AI Training Data Size Estimator
Estimate the minimum recommended training dataset size for a machine learning model based on model parameters, input features, task type, and desired confidence level.
params
features
classes
%
%
%
Fill in the fields above and click Estimate.
Formulas Used
1. PAC / VC-Dimension Bound (Blumer et al., 1989; Vapnik, 1998):
N_PAC = (1/ε) × (d_VC × ln(2/ε) + ln(2/δ)) where: ε = 1 − (desired_accuracy / 100) [acceptable error rate] δ = 0.05 [5% failure prob. → 95% confidence] d_VC ≈ number of model parameters [VC-dimension proxy]
2. Rule-of-Thumb Estimates (empirical, per architecture):
Linear / Logistic : N = 10 × features × classes Shallow NN : N = 50 × features × log₂(classes) Deep NN : N = 10 × √params × classes CNN : N = 1000 × classes Transformer : N = max(100 × classes, 100 × √params) Random Forest : N = 100 × features × log₂(classes + 1)
3. Noise Correction:
N_noisy = N_clean / (1 − noise_rate)²
4. Total Dataset Size:
N_total = N_train / (train_split / 100) Final = max(N_PAC, N_rule_of_thumb) → noise correction → split adjustment
5. Storage Estimate:
bytes_per_sample = num_features × 4 (float32) total_storage = N_total × bytes_per_sample
Assumptions & References
- VC-dimension proxy: The number of free parameters is used as a proxy for VC-dimension. This is an approximation; true VC-dimension depends on architecture geometry.
- PAC confidence: Fixed at 95% (δ = 0.05), a standard choice in learning theory.
- Rule-of-thumb multipliers are derived from empirical community guidelines: Harrell's "10 events per variable" for linear models; ImageNet's ~1000 images/class for CNNs; Goodfellow et al. informal guidance for deep networks.
- Noise model: Label noise inflates sample requirements quadratically (Natarajan et al., 2013 — learning with noisy labels).

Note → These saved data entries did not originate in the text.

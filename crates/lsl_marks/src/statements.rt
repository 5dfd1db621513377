//! The routines and statements of an accepted script, found among its tokens in one pass.

use crate::tokens::{Part, close_of, kind_at, semicolon_from, sort_at};
use lsl_lex::{Sort, Token};
use lsl_text::NoMemory;
use lsl_value::Kind;
use std::alloc::Global;

/// What a statement is.
#[derive(Clone, Copy, Debug, PartialEq, Eq)]
pub enum Form {
    Block,
    Declare,
    Label,
    Value,
    If,
    While,
    Do,
    For,
    Jump,
    Return,
    /// An empty statement, or a change of state.
    Other,
}

impl Form {
    /// Whether its body is begun again and again.
    pub fn is_loop(&self) -> bool {
        matches!(self, Form::While | Form::Do | Form::For)
    }
}

/// A statement: its first token and the one after its last, and the tokens of its own values.
#[derive(Clone, Copy, Debug)]
pub struct Statement {
    pub form: Form,
    pub first: usize,
    pub end: usize,
    pub values: Part,
    /// Whether it is the body of the statement around it.
    pub is_body: bool,
}

/// A function or a handler: its name, its state's, the kind of its result, its parameters, and the brace that opens its
/// body.
#[derive(Clone, Copy, Debug)]
pub struct Routine {
    pub name: usize,
    pub state: Option<usize>,
    pub kind: Option<Kind>,
    pub parameters: Part,
    pub body: usize,
}

/// A variable's name, and its kind.
#[derive(Clone, Copy, Debug)]
pub struct Declared {
    pub name: usize,
    pub kind: Kind,
}

/// What comes next in the text: a routine, a statement, or the brace that ends a routine. Routines and statements are
/// numbered from 0.
#[derive(Clone, Copy, Debug)]
pub enum Event {
    Enter(usize),
    Begin(usize),
    End(usize),
    Leave(usize),
}

/// The parts of a script, in the order of its text.
#[derive(Drop)]
pub struct Outline {
    pub globals: Vec<Declared>,
    pub routines: Vec<Routine>,
    pub statements: Vec<Statement>,
    pub events: Vec<Event>,
}

impl Outline {
    /// Finds the parts of a script of these tokens.
    pub fn find(alloc: Global, tokens: &[Token]) -> Result<Outline, NoMemory> {
        let mut finder = Finder {
            tokens,
            outline: Outline::new(alloc),
            open: Vec::new(alloc),
            next: 0,
        };
        for at in 0..tokens.len() {
            if finder.next <= at {
                finder.step(at)?;
            }
        }
        Ok(finder.outline)
    }

    fn new(alloc: Global) -> Outline {
        Outline {
            globals: Vec::new(alloc),
            routines: Vec::new(alloc),
            statements: Vec::new(alloc),
            events: Vec::new(alloc),
        }
    }
}

/// What isn't closed yet. A number is that of a statement.
#[derive(Clone, Copy, Debug)]
enum Open {
    State(usize),
    Routine,
    Block(usize),
    /// The body of an `if`, which may have an `else`.
    Then(usize),
    /// The body after an `else`, of a `while` or of a `for`.
    Body(usize),
    /// The body of a `do`.
    Do(usize),
    /// The `while` of a `do` comes.
    Until(usize),
}

/// The next token that is looked at is the first from `next` on.
#[derive(Drop)]
struct Finder<'a> {
    tokens: &'a [Token],
    outline: Outline,
    open: Vec<Open>,
    next: usize,
}

impl Finder<'_> {
    fn step(&mut self, at: usize) -> Result<(), NoMemory> {
        let closes = matches!(sort_at(self.tokens, at), Some(Sort::BraceClose));
        match self.open.last().copied() {
            None => self.declaration(at),
            Some(Open::State(_)) if closes => {
                self.pop();
                Ok(())
            }
            Some(Open::State(name)) => self.routine(at, Some(name), None),
            Some(Open::Routine) if closes => {
                self.pop();
                self.outline.events.push(Event::Leave(at))?;
                Ok(())
            }
            Some(Open::Block(number)) if closes => {
                self.pop();
                self.complete(number, at.saturating_add(1))
            }
            Some(Open::Until(number)) => self.until(at, number),
            Some(_) => self.statement(at),
        }
    }

    fn pop(&mut self) {
        let _ = self.open.pop();
    }

    /// A state, a function or a global.
    fn declaration(&mut self, at: usize) -> Result<(), NoMemory> {
        if matches!(sort_at(self.tokens, at), Some(Sort::DefaultWord)) {
            return self.state(at);
        }
        if matches!(sort_at(self.tokens, at), Some(Sort::StateWord)) {
            return self.state(at.saturating_add(1));
        }
        let Some(kind) = kind_at(self.tokens, at) else {
            return self.routine(at, None, None);
        };
        let name = at.saturating_add(1);
        if matches!(
            sort_at(self.tokens, at.saturating_add(2)),
            Some(Sort::ParenOpen)
        ) {
            return self.routine(name, None, Some(kind));
        }
        self.outline.globals.push(Declared { name, kind })?;
        self.next = semicolon_from(self.tokens, at).saturating_add(1);
        Ok(())
    }

    fn state(&mut self, name: usize) -> Result<(), NoMemory> {
        self.open.push(Open::State(name))?;
        self.next = name.saturating_add(2);
        Ok(())
    }

    fn routine(
        &mut self,
        name: usize,
        state: Option<usize>,
        kind: Option<Kind>,
    ) -> Result<(), NoMemory> {
        let close = close_of(self.tokens, name.saturating_add(1));
        let parameters = Part {
            from: name.saturating_add(2),
            to: close,
        };
        let body = close.saturating_add(1);
        let number = self.outline.routines.len();
        self.outline.events.push(Event::Enter(number))?;
        self.outline.routines.push(Routine {
            name,
            state,
            kind,
            parameters,
            body,
        })?;
        self.open.push(Open::Routine)?;
        self.next = body.saturating_add(1);
        Ok(())
    }

    fn statement(&mut self, at: usize) -> Result<(), NoMemory> {
        let form = self.form_at(at);
        let values = self.values_of(form, at);
        let number = self.begin(form, at, values)?;
        match form {
            Form::Block => self.go_into(Open::Block(number), at),
            Form::If => self.go_into(Open::Then(number), values.to),
            Form::While | Form::For => self.go_into(Open::Body(number), values.to),
            Form::Do => self.go_into(Open::Do(number), at),
            _ => self.complete(number, values.to.saturating_add(1)),
        }
    }

    /// What is inside comes after the token at this place.
    fn go_into(&mut self, open: Open, last: usize) -> Result<(), NoMemory> {
        self.open.push(open)?;
        self.next = last.saturating_add(1);
        Ok(())
    }

    fn form_at(&self, at: usize) -> Form {
        match sort_at(self.tokens, at) {
            Some(Sort::BraceOpen) => Form::Block,
            Some(Sort::IntegerWord | Sort::StringWord | Sort::KeyWord | Sort::ListWord) =>
                Form::Declare,
            Some(Sort::At) => Form::Label,
            Some(Sort::IfWord) => Form::If,
            Some(Sort::WhileWord) => Form::While,
            Some(Sort::DoWord) => Form::Do,
            Some(Sort::ForWord) => Form::For,
            Some(Sort::JumpWord) => Form::Jump,
            Some(Sort::ReturnWord) => Form::Return,
            Some(Sort::StateWord | Sort::Semicolon) => Form::Other,
            _ => Form::Value,
        }
    }

    /// The tokens of the values of a statement at this place, up to the parenthesis or the semicolon that ends them.
    fn values_of(&self, form: Form, at: usize) -> Part {
        match form {
            Form::Block | Form::Do => Part { from: at, to: at },
            Form::If | Form::While | Form::For => self.in_parentheses(at.saturating_add(1)),
            Form::Declare => self.to_semicolon(at.saturating_add(3), at),
            Form::Return => self.to_semicolon(at.saturating_add(1), at),
            _ => self.to_semicolon(at, at),
        }
    }

    fn in_parentheses(&self, open: usize) -> Part {
        Part {
            from: open.saturating_add(1),
            to: close_of(self.tokens, open),
        }
    }

    fn to_semicolon(&self, from: usize, at: usize) -> Part {
        Part {
            from,
            to: semicolon_from(self.tokens, at),
        }
    }

    fn begin(&mut self, form: Form, first: usize, values: Part) -> Result<usize, NoMemory> {
        let number = self.outline.statements.len();
        let is_body = matches!(
            self.open.last(),
            Some(Open::Then(_) | Open::Body(_) | Open::Do(_))
        );
        self.outline.statements.push(Statement {
            form,
            first,
            end: first,
            values,
            is_body,
        })?;
        self.outline.events.push(Event::Begin(number))?;
        Ok(number)
    }

    /// The `while` of a `do`, its condition and its semicolon.
    fn until(&mut self, at: usize, number: usize) -> Result<(), NoMemory> {
        let values = self.in_parentheses(at.saturating_add(1));
        if let Some(statement) = self.outline.statements.get_mut(number) {
            statement.values = values;
        }
        self.pop();
        self.complete(number, values.to.saturating_add(2))
    }

    /// Ends a statement before the token at `end`, and those around it that end with it.
    fn complete(&mut self, number: usize, end: usize) -> Result<(), NoMemory> {
        self.next = end;
        self.end(number, end)?;
        for _ in 0..self.open.len() {
            match self.ended_around(end) {
                Some(around) => self.end(around, end)?,
                None => return Ok(()),
            }
        }
        Ok(())
    }

    fn end(&mut self, number: usize, end: usize) -> Result<(), NoMemory> {
        if let Some(statement) = self.outline.statements.get_mut(number) {
            statement.end = end;
        }
        self.outline.events.push(Event::End(number))?;
        Ok(())
    }

    /// The statement that ends with its body, if it does.
    fn ended_around(&mut self, end: usize) -> Option<usize> {
        let has_else = matches!(sort_at(self.tokens, end), Some(Sort::ElseWord));
        match self.open.last().copied()? {
            Open::Then(number) if has_else => {
                self.next = end.saturating_add(1);
                self.turn(Open::Body(number))
            }
            Open::Then(number) | Open::Body(number) => {
                let _ = self.open.pop();
                Some(number)
            }
            Open::Do(number) => self.turn(Open::Until(number)),
            _ => None,
        }
    }

    fn turn(&mut self, open: Open) -> Option<usize> {
        if let Some(last) = self.open.last_mut() {
            *last = open;
        }
        None
    }
}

- Storage assumes raw float32 feature vectors; real datasets (images, text, audio) may differ significantly due to compression and tokenisation.
- These are minimum estimates. Production systems typically require 5–100× more data for robustness, fairness, and distribution coverage.
- References: Vapnik (1998) Statistical Learning Theory; Blumer et al. (1989) Learnability and the Vapnik–Chervonenkis Dimension, JACM; Goodfellow et al. (2016) Deep Learning, MIT Press; Natarajan et al. (2013) Learning with Noisy Labels, NeurIPS.